Record set: Begin
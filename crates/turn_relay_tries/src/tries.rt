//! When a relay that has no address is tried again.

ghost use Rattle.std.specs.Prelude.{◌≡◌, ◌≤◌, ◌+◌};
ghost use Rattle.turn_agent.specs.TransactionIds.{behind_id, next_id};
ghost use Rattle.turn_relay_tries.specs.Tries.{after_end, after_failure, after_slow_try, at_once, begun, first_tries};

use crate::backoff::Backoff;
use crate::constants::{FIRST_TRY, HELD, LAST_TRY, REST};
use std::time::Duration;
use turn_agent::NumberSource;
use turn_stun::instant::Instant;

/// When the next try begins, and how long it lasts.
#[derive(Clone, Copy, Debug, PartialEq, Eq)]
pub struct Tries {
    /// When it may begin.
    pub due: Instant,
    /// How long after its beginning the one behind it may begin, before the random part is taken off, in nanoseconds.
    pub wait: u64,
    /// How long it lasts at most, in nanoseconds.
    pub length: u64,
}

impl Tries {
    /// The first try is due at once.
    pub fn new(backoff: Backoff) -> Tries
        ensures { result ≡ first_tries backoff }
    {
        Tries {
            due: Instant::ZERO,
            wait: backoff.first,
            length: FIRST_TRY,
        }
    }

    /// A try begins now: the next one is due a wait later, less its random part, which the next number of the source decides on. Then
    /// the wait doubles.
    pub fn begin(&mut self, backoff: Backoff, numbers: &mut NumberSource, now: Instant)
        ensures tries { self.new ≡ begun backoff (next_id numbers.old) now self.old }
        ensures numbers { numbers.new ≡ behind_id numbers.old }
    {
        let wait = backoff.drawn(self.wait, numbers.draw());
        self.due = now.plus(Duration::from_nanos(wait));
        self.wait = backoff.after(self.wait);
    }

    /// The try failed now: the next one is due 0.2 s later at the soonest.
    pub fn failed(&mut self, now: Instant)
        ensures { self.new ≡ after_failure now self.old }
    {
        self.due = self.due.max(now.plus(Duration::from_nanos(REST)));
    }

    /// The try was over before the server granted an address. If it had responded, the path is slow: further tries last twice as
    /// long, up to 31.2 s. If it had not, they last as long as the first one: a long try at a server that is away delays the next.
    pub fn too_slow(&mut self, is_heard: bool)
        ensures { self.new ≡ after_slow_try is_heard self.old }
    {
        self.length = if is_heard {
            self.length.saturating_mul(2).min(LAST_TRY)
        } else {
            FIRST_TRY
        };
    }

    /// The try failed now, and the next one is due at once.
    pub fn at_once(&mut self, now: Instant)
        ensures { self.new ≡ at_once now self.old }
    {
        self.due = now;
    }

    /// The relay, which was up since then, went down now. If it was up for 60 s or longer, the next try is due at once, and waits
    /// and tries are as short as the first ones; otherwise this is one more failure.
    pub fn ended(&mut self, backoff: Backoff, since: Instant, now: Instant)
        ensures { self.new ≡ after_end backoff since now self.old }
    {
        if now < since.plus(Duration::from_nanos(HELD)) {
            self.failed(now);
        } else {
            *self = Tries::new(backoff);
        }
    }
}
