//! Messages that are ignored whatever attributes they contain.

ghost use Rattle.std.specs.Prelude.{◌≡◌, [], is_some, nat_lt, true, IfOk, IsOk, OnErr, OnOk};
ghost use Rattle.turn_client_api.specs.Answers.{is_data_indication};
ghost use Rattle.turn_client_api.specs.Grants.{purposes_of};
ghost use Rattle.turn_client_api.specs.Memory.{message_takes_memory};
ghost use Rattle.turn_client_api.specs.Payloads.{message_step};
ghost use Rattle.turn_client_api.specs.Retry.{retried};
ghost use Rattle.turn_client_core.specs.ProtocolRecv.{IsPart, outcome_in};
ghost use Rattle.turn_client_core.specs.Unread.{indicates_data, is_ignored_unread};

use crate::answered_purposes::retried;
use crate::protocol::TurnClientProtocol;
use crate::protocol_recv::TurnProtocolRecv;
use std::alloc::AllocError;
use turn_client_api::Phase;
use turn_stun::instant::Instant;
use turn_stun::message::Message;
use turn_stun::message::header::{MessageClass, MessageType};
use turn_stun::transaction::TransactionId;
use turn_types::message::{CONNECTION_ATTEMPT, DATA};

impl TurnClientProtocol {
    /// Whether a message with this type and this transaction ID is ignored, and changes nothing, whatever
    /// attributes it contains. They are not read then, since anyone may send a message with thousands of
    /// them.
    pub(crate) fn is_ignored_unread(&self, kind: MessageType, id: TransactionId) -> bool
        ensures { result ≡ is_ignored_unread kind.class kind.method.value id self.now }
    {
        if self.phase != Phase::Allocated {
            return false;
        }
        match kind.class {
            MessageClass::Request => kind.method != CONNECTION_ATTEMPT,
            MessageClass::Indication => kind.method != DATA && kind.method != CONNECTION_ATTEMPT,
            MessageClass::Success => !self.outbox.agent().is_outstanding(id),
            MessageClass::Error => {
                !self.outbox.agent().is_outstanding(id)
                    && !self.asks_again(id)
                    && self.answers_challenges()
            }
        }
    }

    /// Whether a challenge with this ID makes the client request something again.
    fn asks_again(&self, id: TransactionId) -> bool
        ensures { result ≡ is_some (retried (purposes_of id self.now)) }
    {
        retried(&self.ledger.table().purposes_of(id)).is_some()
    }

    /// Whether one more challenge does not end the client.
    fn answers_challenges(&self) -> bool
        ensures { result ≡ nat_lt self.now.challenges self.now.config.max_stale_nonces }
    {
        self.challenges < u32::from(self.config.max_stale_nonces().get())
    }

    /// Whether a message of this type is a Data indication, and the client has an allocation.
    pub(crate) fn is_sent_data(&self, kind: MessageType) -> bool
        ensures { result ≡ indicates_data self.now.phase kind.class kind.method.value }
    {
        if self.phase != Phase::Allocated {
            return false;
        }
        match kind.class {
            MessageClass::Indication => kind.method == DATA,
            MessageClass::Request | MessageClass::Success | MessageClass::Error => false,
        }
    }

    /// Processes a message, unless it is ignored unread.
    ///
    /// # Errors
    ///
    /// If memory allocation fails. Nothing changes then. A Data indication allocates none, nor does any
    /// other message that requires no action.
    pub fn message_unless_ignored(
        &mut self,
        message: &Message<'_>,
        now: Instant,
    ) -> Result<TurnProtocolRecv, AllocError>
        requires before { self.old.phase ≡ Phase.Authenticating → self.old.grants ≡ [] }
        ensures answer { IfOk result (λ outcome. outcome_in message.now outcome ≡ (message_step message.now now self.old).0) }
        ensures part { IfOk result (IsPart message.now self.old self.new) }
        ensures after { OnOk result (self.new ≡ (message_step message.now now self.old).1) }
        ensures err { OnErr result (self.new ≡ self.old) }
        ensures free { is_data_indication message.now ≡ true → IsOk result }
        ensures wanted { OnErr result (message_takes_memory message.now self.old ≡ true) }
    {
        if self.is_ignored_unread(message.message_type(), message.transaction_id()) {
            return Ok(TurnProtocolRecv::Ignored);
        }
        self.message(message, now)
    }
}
Record set: End
» **Directions**
Exact retyping of all the entries is required.

» **Solution to this problem**
filename crates/turn_relay_tries/src/tries.rt
//! When a relay that has no address is tried again.

ghost use Rattle.std.specs.Prelude.{◌≡◌, ◌≤◌, ◌+◌};
ghost use Rattle.turn_agent.specs.TransactionIds.{behind_id, next_id};
ghost use Rattle.turn_relay_tries.specs.Tries.{after_end, after_failure, after_slow_try, at_once, begun, first_tries};

use crate::backoff::Backoff;
use crate::constants::{FIRST_TRY, HELD, LAST_TRY, REST};
use std::time::Duration;
use turn_agent::NumberSource;
use turn_stun::instant::Instant;

/// When the next try begins, and how long it lasts.
#[derive(Clone, Copy, Debug, PartialEq, Eq)]
pub struct Tries {
    /// When it may begin.
    pub due: Instant,
    /// How long after its beginning the one behind it may begin, before the random part is taken off, in nanoseconds.
    pub wait: u64,
    /// How long it lasts at most, in nanoseconds.
    pub length: u64,
}

impl Tries {
    /// The first try is due at once.
    pub fn new(backoff: Backoff) -> Tries
        ensures { result ≡ first_tries backoff }
    {
        Tries {
            due: Instant::ZERO,
            wait: backoff.first,
            length: FIRST_TRY,
        }
    }

    /// A try begins now: the next one is due a wait later, less its random part, which the next number of the source decides on. Then
    /// the wait doubles.
    pub fn begin(&mut self, backoff: Backoff, numbers: &mut NumberSource, now: Instant)
        ensures tries { self.new ≡ begun backoff (next_id numbers.old) now self.old }
        ensures numbers { numbers.new ≡ behind_id numbers.old }
    {
        let wait = backoff.drawn(self.wait, numbers.draw());
        self.due = now.plus(Duration::from_nanos(wait));
        self.wait = backoff.after(self.wait);
    }

    /// The try failed now: the next one is due 0.2 s later at the soonest.
    pub fn failed(&mut self, now: Instant)
        ensures { self.new ≡ after_failure now self.old }
    {
        self.due = self.due.max(now.plus(Duration::from_nanos(REST)));
    }

    /// The try was over before the server granted an address. If it had responded, the path is slow: further tries last twice as
    /// long, up to 31.2 s. If it had not, they last as long as the first one: a long try at a server that is away delays the next.
    pub fn too_slow(&mut self, is_heard: bool)
        ensures { self.new ≡ after_slow_try is_heard self.old }
    {
        self.length = if is_heard {
            self.length.saturating_mul(2).min(LAST_TRY)
        } else {
            FIRST_TRY
        };
    }

    /// The try failed now, and the next one is due at once.
    pub fn at_once(&mut self, now: Instant)
        ensures { self.new ≡ at_once now self.old }
    {
        self.due = now;
    }

    /// The relay, which was up since then, went down now. If it was up for 60 s or longer, the next try is due at once, and waits
    /// and tries are as short as the first ones; otherwise this is one more failure.
    pub fn ended(&mut self, backoff: Backoff, since: Instant, now: Instant)
        ensures { self.new ≡ after_end backoff since now self.old }
    {
        if now < since.plus(Duration::from_nanos(HELD)) {
            self.failed(now);
        } else {
            *self = Tries::new(backoff);
        }
    }
}
//! Messages that are ignored whatever attributes they contain.

ghost use Rattle.std.specs.Prelude.{◌≡◌, [], is_some, nat_lt, true, IfOk, IsOk, OnErr, OnOk};
ghost use Rattle.turn_client_api.specs.Answers.{is_data_indication};
ghost use Rattle.turn_client_api.specs.Grants.{purposes_of};
ghost use Rattle.turn_client_api.specs.Memory.{message_takes_memory};
ghost use Rattle.turn_client_api.specs.Payloads.{message_step};
ghost use Rattle.turn_client_api.specs.Retry.{retried};
ghost use Rattle.turn_client_core.specs.ProtocolRecv.{IsPart, outcome_in};
ghost use Rattle.turn_client_core.specs.Unread.{indicates_data, is_ignored_unread};

use crate::answered_purposes::retried;
use crate::protocol::TurnClientProtocol;
use crate::protocol_recv::TurnProtocolRecv;
use std::alloc::AllocError;
use turn_client_api::Phase;
use turn_stun::instant::Instant;
use turn_stun::message::Message;
use turn_stun::message::header::{MessageClass, MessageType};
use turn_stun::transaction::TransactionId;
use turn_types::message::{CONNECTION_ATTEMPT, DATA};

impl TurnClientProtocol {
    /// Whether a message with this type and this transaction ID is ignored, and changes nothing, whatever
    /// attributes it contains. They are not read then, since anyone may send a message with thousands of
    /// them.
    pub(crate) fn is_ignored_unread(&self, kind: MessageType, id: TransactionId) -> bool
        ensures { result ≡ is_ignored_unread kind.class kind.method.value id self.now }
    {
        if self.phase != Phase::Allocated {
            return false;
        }
        match kind.class {
            MessageClass::Request => kind.method != CONNECTION_ATTEMPT,
            MessageClass::Indication => kind.method != DATA && kind.method != CONNECTION_ATTEMPT,
            MessageClass::Success => !self.outbox.agent().is_outstanding(id),
            MessageClass::Error => {
                !self.outbox.agent().is_outstanding(id)
                    && !self.asks_again(id)
                    && self.answers_challenges()
            }
        }
    }

    /// Whether a challenge with this ID makes the client request something again.
    fn asks_again(&self, id: TransactionId) -> bool
        ensures { result ≡ is_some (retried (purposes_of id self.now)) }
    {
        retried(&self.ledger.table().purposes_of(id)).is_some()
    }

    /// Whether one more challenge does not end the client.
    fn answers_challenges(&self) -> bool
        ensures { result ≡ nat_lt self.now.challenges self.now.config.max_stale_nonces }
    {
        self.challenges < u32::from(self.config.max_stale_nonces().get())
    }

    /// Whether a message of this type is a Data indication, and the client has an allocation.
    pub(crate) fn is_sent_data(&self, kind: MessageType) -> bool
        ensures { result ≡ indicates_data self.now.phase kind.class kind.method.value }
    {
        if self.phase != Phase::Allocated {
            return false;
        }
        match kind.class {
            MessageClass::Indication => kind.method == DATA,
            MessageClass::Request | MessageClass::Success | MessageClass::Error => false,
        }
    }

    /// Processes a message, unless it is ignored unread.
    ///
    /// # Errors
    ///
    /// If memory allocation fails. Nothing changes then. A Data indication allocates none, nor does any
    /// other message that requires no action.
    pub fn message_unless_ignored(
        &mut self,
        message: &Message<'_>,
        now: Instant,
    ) -> Result<TurnProtocolRecv, AllocError>
        requires before { self.old.phase ≡ Phase.Authenticating → self.old.grants ≡ [] }
        ensures answer { IfOk result (λ outcome. outcome_in message.now outcome ≡ (message_step message.now now self.old).0) }
        ensures part { IfOk result (IsPart message.now self.old self.new) }
        ensures after { OnOk result (self.new ≡ (message_step message.now now self.old).1) }
        ensures err { OnErr result (self.new ≡ self.old) }
        ensures free { is_data_indication message.now ≡ true → IsOk result }
        ensures wanted { OnErr result (message_takes_memory message.now self.old ≡ true) }
    {
        if self.is_ignored_unread(message.message_type(), message.transaction_id()) {
            return Ok(TurnProtocolRecv::Ignored);
        }
        self.message(message, now)
    }
}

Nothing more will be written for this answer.